START INPUT MATERIAL
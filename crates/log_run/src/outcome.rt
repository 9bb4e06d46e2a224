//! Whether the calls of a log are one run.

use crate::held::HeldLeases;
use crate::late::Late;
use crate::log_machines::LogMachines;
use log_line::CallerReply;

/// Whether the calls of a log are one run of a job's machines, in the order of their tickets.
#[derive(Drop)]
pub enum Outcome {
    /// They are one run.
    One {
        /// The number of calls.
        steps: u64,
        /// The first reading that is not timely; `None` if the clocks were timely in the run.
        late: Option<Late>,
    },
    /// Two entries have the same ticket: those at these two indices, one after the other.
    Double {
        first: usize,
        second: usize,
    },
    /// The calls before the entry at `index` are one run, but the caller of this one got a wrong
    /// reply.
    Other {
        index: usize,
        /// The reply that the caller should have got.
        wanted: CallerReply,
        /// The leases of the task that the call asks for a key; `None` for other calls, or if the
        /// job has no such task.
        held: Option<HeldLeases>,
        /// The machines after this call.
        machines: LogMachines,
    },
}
END INPUT MATERIAL
Identify every line above that includes the word "held", and show those lines.

RESULT FOR THIS TASK:
use crate::held::HeldLeases;
        held: Option<HeldLeases>,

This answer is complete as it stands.